[Items from a dataset]

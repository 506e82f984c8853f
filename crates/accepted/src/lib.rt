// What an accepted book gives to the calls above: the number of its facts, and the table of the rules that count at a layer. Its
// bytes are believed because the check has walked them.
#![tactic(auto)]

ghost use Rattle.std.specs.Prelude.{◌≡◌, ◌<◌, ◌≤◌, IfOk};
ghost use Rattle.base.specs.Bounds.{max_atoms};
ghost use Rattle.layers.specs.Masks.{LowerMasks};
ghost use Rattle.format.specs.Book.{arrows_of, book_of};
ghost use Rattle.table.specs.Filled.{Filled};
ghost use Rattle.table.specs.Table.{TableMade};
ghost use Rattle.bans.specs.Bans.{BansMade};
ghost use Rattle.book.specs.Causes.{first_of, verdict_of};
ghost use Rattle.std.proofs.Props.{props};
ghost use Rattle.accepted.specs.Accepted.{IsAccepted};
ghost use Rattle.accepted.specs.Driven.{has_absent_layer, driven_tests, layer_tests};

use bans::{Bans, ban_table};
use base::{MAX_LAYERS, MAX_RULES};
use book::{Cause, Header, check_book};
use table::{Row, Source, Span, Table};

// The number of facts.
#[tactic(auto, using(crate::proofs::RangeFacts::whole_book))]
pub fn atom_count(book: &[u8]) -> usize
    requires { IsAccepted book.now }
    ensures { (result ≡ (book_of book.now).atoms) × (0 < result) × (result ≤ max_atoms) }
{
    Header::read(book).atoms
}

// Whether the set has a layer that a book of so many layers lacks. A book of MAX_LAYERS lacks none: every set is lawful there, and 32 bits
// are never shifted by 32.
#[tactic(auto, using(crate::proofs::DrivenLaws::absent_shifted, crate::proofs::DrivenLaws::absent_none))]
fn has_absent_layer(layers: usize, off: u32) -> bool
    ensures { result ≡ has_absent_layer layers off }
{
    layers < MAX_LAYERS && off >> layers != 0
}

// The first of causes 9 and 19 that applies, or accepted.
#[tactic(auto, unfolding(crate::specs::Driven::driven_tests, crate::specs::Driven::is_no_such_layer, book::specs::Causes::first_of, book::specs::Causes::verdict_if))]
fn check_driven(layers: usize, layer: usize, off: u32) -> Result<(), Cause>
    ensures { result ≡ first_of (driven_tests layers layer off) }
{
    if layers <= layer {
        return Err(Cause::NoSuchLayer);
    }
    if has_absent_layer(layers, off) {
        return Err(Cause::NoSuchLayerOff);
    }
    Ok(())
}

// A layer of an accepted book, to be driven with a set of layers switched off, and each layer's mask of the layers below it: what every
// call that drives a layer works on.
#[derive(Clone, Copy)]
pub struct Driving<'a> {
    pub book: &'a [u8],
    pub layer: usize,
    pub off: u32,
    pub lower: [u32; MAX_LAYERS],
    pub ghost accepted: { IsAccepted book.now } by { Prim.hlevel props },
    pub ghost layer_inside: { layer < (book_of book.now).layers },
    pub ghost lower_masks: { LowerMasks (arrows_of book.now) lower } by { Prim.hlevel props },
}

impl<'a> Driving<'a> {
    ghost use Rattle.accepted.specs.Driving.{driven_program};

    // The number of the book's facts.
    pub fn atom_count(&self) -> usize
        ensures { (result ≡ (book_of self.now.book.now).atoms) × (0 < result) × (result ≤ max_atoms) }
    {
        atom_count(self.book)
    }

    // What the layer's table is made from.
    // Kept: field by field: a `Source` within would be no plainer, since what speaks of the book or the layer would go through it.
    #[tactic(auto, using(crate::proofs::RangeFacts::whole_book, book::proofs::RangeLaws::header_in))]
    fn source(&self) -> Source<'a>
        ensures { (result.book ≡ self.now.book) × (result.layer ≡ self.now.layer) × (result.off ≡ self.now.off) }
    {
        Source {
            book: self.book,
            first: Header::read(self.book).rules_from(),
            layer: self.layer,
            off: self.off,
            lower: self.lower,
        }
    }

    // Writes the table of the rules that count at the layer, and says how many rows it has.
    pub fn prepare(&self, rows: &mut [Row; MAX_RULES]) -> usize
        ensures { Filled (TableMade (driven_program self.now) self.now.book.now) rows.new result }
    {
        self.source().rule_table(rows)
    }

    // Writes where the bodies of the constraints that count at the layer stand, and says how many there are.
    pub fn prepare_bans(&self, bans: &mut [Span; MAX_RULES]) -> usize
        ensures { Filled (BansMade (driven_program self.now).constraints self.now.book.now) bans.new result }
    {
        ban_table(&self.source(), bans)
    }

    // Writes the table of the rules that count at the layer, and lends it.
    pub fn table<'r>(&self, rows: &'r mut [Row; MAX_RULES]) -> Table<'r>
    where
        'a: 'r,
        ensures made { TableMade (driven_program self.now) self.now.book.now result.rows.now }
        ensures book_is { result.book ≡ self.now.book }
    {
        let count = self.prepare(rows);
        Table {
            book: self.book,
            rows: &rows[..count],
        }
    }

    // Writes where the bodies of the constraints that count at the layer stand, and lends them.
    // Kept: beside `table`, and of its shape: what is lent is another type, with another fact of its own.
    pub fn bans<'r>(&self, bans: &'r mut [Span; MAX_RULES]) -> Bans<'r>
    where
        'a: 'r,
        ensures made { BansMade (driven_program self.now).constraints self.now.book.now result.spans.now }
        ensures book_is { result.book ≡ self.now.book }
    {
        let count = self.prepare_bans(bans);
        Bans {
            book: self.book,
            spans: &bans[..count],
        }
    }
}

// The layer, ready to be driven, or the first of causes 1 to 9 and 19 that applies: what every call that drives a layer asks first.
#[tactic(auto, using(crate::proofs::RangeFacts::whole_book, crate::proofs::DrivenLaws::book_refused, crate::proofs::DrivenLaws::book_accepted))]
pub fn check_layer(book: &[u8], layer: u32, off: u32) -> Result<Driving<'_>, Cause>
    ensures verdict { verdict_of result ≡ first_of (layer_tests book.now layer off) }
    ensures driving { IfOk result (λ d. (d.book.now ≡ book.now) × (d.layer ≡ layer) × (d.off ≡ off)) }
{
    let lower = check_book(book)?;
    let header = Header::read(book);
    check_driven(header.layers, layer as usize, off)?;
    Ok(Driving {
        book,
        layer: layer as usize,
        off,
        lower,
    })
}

--

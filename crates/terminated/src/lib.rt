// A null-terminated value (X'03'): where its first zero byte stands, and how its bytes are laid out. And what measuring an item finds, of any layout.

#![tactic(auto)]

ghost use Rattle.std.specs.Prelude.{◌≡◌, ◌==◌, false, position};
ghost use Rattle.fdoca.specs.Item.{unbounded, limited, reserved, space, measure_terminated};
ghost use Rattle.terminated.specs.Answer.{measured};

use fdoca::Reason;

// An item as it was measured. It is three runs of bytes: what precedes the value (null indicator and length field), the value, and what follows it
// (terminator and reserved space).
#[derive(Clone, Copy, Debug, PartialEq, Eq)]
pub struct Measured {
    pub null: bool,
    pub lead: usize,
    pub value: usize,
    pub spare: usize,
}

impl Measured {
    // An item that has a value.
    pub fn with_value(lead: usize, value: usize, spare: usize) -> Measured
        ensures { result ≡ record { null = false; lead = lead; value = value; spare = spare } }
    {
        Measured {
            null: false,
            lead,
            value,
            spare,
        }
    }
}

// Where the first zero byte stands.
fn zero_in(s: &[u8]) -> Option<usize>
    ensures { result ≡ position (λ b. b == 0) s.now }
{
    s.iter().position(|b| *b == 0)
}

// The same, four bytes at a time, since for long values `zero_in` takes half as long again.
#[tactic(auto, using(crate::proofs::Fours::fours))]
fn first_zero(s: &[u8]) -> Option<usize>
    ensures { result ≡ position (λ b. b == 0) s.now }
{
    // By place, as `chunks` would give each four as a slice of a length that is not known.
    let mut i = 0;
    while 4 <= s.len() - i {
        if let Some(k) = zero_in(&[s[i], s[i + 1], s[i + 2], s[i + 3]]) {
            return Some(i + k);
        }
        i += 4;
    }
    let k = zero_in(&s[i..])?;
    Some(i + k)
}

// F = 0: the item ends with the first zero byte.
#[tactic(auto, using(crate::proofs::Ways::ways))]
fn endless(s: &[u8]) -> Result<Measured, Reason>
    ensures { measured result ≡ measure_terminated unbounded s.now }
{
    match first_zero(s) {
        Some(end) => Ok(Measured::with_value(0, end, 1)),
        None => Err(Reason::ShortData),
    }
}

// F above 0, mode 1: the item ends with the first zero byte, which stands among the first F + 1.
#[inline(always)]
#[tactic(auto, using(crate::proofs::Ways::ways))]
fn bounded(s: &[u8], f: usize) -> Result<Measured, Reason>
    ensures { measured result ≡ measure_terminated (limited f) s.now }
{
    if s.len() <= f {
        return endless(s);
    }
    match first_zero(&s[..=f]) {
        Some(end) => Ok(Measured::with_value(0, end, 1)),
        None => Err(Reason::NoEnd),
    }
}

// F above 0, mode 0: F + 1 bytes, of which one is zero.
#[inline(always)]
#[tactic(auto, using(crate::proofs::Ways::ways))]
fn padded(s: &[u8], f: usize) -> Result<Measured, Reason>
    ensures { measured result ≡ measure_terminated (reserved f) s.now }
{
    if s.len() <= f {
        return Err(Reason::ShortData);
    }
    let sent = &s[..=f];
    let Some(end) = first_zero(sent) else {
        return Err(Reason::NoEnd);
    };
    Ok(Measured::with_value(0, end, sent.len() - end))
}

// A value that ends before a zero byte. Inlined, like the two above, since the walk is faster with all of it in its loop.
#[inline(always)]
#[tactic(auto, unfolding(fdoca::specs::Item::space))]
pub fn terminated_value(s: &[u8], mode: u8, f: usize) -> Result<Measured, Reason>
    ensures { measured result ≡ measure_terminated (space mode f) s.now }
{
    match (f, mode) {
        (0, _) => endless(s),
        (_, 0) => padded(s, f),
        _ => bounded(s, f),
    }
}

- _What to do_: Copy exactly the stretch of data above from the line with "pub struct Measured" through the line with "pub fn with_value(lead: usize, value: usize, spare: usize)", and omit all other lines.

- _Completed task_:
pub struct Measured {
    pub null: bool,
    pub lead: usize,
    pub value: usize,
    pub spare: usize,
}

impl Measured {
    // An item that has a value.
    pub fn with_value(lead: usize, value: usize, spare: usize) -> Measured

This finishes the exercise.